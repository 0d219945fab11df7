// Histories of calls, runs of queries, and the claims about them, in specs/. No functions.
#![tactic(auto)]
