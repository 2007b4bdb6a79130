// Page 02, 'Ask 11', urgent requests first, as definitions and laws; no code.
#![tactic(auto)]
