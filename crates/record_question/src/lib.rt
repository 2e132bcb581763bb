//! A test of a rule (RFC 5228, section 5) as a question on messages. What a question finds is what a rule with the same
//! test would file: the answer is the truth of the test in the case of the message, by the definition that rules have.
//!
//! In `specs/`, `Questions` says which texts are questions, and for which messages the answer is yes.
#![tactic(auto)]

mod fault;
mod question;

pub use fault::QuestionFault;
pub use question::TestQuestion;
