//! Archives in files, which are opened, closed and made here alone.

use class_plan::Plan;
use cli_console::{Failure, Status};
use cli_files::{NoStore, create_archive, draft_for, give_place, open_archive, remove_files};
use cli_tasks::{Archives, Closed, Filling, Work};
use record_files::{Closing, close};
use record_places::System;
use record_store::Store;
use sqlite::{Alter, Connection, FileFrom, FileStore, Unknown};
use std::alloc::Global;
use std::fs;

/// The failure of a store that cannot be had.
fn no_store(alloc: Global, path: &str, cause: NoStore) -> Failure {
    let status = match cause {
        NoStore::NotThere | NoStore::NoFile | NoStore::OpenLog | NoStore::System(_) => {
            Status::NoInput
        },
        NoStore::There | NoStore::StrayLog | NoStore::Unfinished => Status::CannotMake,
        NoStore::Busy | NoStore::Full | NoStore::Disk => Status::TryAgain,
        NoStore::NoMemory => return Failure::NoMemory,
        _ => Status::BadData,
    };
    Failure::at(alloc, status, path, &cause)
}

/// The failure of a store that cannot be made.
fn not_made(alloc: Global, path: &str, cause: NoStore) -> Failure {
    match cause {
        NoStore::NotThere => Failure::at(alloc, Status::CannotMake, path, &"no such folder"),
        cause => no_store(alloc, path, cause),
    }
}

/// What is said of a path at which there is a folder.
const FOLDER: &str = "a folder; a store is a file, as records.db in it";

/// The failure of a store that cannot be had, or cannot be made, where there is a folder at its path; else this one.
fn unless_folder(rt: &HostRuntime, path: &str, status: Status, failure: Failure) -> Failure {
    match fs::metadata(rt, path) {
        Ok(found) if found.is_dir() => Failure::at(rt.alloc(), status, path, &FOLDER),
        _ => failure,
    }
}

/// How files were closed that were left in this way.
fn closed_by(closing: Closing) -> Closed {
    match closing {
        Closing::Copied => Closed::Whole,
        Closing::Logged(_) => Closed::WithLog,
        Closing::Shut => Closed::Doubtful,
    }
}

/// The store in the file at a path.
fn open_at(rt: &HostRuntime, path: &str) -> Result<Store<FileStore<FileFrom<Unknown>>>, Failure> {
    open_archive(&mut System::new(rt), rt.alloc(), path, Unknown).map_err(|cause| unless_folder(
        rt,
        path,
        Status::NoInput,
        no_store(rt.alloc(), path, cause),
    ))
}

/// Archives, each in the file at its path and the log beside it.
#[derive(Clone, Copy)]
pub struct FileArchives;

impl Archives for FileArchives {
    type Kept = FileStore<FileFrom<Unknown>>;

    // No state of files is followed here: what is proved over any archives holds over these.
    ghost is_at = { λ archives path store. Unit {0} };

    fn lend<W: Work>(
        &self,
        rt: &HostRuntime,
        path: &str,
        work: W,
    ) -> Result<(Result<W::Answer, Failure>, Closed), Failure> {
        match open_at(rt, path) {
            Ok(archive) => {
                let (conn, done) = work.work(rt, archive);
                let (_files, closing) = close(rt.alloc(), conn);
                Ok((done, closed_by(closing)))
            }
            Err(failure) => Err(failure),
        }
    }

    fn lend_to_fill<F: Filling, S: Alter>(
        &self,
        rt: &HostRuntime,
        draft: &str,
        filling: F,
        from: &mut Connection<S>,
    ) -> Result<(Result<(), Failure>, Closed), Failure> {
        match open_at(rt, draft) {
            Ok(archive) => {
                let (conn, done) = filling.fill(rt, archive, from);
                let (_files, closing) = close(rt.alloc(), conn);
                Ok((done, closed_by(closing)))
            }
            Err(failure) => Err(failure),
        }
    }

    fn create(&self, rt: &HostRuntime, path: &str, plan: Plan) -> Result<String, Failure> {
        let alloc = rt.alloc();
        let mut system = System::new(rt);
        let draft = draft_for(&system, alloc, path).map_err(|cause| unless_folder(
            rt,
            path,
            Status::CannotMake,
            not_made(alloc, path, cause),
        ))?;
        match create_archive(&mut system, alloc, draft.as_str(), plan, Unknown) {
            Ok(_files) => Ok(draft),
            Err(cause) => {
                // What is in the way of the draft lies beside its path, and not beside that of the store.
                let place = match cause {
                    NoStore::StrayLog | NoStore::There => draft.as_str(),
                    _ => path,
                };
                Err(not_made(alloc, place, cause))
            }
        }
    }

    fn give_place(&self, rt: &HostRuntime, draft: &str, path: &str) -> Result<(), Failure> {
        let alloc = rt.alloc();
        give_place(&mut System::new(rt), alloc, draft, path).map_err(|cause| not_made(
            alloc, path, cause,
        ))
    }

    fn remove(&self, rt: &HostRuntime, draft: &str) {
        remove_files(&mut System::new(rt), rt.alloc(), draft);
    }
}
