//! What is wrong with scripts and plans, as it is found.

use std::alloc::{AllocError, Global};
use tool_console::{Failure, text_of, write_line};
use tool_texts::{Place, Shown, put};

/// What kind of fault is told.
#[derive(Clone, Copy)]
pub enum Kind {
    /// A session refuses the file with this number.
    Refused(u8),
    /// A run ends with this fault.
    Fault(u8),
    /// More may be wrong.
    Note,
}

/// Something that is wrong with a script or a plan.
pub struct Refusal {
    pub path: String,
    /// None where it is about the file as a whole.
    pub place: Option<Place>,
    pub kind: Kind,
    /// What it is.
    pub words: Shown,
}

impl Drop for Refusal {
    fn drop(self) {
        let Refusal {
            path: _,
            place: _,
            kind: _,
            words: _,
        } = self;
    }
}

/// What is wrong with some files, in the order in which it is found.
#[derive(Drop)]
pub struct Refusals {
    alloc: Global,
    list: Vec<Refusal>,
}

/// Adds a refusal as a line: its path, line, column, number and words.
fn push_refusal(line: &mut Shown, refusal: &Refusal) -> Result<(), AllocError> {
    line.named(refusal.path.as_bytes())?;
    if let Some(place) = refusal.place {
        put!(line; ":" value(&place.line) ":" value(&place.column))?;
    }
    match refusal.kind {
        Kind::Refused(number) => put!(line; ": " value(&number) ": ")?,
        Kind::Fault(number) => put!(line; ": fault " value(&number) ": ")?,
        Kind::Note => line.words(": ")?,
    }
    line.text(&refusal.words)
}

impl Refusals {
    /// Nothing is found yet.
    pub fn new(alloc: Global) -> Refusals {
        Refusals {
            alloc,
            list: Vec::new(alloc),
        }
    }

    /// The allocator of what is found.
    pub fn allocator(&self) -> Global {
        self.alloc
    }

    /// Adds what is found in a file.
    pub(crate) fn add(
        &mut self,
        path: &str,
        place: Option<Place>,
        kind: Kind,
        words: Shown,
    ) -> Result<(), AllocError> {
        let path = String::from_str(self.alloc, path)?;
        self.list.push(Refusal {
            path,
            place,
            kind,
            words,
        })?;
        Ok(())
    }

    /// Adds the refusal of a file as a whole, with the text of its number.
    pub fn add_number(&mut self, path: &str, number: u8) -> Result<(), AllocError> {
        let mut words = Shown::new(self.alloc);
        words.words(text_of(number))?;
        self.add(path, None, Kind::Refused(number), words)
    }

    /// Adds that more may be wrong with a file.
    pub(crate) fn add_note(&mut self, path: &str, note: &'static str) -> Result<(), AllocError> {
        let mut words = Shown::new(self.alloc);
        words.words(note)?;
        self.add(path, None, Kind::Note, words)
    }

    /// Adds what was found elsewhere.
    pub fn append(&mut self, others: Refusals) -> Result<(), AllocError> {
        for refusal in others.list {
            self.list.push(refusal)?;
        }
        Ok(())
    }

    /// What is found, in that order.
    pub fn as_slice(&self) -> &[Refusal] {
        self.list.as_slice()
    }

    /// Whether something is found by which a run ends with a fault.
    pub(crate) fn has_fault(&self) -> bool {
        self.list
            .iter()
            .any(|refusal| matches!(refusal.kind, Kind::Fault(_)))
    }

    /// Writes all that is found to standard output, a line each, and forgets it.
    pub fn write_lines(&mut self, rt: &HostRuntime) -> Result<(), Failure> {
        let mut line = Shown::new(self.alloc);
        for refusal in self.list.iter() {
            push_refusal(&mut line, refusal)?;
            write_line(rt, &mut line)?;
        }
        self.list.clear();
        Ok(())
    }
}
========================================
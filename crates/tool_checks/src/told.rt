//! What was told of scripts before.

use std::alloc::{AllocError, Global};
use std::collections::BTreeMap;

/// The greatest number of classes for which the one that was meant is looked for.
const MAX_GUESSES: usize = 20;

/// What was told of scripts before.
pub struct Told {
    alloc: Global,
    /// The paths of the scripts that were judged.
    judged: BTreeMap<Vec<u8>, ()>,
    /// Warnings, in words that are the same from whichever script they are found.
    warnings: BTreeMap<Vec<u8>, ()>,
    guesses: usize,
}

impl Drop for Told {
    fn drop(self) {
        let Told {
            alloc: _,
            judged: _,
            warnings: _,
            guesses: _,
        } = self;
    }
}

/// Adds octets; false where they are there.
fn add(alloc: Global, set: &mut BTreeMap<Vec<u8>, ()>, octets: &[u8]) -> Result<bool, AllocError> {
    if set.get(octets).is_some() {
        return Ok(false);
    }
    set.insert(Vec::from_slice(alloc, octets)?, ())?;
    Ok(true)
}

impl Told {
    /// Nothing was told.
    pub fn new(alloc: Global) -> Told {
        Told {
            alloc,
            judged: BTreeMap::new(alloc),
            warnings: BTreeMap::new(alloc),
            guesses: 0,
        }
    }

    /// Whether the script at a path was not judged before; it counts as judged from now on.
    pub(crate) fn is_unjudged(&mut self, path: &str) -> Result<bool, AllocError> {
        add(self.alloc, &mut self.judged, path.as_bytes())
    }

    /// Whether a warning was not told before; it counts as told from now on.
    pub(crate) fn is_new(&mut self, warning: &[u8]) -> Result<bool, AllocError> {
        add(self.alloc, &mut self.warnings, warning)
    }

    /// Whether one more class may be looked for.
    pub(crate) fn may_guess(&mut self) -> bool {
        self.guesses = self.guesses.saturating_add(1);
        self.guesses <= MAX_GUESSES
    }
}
========================================
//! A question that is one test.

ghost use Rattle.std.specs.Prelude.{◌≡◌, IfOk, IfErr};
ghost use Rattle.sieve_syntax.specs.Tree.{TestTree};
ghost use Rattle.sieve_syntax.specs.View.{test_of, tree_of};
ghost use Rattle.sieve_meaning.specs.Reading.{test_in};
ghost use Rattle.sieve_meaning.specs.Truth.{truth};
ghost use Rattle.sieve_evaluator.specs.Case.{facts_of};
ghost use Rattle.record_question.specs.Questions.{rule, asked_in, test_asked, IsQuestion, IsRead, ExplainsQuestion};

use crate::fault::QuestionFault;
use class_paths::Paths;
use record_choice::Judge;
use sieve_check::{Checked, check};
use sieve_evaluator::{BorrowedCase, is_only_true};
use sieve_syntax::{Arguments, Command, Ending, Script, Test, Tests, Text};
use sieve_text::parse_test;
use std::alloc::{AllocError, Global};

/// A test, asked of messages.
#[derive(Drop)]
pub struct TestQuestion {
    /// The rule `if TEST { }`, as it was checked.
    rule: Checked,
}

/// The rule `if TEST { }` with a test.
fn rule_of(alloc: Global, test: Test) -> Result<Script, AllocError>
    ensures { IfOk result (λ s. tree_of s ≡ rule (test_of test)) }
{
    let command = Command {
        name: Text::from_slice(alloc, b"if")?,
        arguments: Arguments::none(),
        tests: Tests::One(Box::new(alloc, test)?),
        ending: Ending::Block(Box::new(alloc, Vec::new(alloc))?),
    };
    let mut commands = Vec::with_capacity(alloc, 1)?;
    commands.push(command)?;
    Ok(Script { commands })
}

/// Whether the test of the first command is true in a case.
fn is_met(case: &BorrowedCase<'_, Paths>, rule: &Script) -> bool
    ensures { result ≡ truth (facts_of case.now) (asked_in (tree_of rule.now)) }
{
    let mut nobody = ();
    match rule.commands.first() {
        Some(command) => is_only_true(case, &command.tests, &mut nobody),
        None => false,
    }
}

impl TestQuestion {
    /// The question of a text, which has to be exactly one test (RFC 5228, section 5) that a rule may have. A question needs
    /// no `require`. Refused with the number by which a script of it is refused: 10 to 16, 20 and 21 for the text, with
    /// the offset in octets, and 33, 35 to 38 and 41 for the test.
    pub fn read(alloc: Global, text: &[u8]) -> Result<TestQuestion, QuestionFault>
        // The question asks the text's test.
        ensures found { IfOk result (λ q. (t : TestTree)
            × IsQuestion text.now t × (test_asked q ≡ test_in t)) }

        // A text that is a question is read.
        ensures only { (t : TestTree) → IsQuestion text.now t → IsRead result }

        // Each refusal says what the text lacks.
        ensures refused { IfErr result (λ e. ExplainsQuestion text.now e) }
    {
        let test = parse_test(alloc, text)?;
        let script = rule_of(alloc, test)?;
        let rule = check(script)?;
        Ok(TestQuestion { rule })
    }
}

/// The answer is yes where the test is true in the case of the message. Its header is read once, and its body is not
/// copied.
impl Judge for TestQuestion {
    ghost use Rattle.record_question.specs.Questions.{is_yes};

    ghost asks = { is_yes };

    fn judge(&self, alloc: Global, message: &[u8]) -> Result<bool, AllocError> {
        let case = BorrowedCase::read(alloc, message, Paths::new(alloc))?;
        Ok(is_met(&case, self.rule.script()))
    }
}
========================================
- **Work order**:
Copy only the lines in the listing that contain "struct".

- **Response area**:
pub struct FileArchives;
pub struct Refusal {
pub struct Refusals {
pub struct Told {
pub struct TestQuestion {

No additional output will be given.